## [Listed entries]
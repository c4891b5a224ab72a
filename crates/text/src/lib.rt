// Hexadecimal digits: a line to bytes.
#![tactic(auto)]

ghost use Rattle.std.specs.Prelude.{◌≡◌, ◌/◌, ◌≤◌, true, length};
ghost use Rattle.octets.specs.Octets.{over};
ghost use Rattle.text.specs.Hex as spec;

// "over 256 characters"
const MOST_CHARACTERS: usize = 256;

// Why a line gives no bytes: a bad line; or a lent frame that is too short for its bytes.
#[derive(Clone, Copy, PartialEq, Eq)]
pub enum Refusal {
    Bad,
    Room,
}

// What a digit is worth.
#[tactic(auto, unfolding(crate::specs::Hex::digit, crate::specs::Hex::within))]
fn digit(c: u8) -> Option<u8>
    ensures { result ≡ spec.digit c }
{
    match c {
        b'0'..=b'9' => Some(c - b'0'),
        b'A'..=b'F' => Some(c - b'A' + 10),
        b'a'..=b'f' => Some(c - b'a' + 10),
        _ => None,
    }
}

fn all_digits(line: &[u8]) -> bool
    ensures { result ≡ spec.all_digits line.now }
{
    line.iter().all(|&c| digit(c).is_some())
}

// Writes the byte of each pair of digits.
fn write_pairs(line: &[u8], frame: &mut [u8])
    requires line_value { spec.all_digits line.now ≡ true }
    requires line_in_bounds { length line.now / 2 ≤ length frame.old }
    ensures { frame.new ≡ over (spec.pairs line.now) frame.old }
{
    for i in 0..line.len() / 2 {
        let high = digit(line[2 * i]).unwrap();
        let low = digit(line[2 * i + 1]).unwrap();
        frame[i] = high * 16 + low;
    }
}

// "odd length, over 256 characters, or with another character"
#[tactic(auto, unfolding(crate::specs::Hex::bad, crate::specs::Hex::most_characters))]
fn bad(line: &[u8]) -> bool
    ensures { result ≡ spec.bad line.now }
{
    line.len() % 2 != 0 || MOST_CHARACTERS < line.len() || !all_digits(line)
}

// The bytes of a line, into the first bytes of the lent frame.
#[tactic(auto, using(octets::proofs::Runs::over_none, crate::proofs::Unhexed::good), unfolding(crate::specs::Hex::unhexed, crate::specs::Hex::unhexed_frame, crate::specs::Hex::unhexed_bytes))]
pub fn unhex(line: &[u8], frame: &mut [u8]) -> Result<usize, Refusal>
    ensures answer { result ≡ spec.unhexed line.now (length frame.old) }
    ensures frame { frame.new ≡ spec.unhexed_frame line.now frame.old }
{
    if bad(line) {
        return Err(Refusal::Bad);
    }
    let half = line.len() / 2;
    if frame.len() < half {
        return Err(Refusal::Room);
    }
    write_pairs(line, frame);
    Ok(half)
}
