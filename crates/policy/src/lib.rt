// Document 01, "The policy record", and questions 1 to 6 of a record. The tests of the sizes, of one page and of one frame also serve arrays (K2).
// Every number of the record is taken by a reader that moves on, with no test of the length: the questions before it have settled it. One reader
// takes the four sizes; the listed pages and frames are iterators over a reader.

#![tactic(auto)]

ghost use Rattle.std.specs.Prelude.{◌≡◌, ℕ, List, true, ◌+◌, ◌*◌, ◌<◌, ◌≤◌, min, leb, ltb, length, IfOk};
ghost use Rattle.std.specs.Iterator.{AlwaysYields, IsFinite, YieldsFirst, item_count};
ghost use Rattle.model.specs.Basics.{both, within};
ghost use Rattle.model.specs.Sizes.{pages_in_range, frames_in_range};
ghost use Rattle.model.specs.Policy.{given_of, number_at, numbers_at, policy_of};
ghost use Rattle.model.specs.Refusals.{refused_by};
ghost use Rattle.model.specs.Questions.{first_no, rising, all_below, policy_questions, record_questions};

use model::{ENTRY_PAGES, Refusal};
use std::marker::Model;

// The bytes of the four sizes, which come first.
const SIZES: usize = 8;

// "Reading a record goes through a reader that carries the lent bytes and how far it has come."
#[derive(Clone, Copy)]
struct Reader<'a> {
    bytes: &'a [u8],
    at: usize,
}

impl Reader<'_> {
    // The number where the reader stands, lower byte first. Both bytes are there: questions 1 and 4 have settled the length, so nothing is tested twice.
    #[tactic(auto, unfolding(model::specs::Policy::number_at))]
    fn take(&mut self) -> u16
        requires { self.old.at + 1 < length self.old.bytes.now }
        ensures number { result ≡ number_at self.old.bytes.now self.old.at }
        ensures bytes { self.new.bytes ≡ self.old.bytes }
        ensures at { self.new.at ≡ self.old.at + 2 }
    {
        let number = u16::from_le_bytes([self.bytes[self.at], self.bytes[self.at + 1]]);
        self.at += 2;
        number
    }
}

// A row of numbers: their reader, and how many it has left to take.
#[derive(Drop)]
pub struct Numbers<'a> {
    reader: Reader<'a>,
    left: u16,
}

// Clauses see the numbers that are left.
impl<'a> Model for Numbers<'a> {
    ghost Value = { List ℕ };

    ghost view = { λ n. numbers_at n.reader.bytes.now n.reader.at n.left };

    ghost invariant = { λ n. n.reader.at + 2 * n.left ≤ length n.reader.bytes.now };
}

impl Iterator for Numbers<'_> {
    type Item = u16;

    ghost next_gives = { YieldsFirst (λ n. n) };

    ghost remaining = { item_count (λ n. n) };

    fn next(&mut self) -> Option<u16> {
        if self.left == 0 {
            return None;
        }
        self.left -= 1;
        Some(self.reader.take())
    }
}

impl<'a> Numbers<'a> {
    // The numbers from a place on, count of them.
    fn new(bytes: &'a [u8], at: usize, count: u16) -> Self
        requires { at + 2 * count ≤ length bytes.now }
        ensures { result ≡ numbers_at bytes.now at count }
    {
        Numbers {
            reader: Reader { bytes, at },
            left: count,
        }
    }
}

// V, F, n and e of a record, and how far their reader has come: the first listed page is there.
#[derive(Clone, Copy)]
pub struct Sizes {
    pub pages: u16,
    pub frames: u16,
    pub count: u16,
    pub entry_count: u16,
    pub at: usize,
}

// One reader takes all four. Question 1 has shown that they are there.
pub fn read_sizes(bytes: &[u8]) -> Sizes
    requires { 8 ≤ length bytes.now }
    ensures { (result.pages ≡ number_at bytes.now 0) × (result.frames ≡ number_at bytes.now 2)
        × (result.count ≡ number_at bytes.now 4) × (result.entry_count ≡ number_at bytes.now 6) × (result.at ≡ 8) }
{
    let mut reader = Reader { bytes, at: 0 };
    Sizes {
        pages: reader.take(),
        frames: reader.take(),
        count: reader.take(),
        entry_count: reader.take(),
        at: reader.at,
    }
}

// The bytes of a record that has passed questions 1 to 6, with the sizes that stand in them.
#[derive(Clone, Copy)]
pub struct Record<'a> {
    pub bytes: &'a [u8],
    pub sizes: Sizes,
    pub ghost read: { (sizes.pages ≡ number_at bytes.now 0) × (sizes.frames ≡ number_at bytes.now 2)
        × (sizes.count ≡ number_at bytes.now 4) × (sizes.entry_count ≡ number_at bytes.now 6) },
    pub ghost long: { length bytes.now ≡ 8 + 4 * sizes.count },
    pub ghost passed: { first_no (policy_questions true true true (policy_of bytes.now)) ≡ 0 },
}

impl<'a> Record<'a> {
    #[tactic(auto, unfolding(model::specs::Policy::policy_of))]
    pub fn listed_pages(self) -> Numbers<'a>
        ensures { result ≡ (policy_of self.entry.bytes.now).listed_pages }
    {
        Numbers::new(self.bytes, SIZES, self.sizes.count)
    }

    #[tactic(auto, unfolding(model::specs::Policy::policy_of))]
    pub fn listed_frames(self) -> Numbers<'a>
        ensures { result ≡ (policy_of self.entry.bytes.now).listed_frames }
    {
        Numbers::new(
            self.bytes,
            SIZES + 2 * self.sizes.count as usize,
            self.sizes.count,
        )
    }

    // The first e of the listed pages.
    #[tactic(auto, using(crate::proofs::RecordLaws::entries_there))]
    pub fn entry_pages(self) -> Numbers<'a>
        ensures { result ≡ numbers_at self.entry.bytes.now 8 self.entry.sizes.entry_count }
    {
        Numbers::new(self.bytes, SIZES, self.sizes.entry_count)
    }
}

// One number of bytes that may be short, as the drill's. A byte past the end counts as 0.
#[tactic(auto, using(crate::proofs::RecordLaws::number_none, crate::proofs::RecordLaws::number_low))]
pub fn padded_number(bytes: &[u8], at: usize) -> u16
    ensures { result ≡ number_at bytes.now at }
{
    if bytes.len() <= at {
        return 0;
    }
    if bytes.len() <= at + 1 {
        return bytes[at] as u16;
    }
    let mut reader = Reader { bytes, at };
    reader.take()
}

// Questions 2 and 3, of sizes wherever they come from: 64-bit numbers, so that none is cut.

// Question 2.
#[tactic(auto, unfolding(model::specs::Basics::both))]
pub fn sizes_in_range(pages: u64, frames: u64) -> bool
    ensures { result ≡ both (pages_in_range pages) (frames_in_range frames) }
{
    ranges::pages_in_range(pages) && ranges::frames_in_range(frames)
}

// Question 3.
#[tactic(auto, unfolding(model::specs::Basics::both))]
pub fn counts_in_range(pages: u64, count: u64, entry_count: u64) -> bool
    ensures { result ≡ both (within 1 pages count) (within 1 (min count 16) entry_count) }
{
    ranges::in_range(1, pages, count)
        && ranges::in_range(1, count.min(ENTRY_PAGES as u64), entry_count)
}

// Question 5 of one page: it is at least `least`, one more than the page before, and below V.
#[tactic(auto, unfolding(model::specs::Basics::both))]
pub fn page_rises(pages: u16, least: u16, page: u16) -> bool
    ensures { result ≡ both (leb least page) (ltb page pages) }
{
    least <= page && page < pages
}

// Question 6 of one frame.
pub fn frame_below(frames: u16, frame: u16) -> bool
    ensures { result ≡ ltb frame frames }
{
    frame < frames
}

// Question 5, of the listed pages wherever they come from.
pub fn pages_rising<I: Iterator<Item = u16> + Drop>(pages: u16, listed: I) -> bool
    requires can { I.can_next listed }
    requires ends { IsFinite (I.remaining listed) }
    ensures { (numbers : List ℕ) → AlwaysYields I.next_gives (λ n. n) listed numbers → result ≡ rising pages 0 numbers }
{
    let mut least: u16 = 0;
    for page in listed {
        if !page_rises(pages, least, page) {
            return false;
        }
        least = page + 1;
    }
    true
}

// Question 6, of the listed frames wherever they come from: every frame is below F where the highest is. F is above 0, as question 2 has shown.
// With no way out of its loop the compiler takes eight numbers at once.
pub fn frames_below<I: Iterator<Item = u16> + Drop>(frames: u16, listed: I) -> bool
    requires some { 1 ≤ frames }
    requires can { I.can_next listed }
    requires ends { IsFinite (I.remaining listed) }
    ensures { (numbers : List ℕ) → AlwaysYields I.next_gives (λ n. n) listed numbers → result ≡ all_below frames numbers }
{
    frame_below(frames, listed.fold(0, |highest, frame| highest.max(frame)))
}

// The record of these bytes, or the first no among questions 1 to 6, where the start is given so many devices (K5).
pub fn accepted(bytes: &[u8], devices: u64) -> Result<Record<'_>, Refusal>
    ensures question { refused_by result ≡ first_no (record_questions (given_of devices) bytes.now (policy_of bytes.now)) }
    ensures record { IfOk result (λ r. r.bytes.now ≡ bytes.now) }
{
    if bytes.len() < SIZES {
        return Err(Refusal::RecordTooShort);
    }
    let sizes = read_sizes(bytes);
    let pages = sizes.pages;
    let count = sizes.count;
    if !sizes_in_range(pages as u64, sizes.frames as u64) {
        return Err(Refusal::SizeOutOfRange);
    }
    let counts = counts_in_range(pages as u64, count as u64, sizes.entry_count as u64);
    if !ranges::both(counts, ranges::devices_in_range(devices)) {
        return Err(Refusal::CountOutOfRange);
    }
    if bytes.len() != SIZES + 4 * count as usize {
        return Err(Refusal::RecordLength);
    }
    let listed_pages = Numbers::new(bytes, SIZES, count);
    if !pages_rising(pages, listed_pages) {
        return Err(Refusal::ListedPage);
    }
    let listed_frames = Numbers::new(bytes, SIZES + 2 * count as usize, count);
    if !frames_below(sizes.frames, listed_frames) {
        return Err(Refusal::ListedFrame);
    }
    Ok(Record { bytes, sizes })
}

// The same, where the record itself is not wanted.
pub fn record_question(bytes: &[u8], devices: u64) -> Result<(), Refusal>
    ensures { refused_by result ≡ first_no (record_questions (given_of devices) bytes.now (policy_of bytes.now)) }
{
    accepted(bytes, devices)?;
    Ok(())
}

## [The task]
In the entries above, find lines with "crates" and copy each.

## [Result of this task]
filename crates/text/src/lib.rt
filename crates/policy/src/lib.rt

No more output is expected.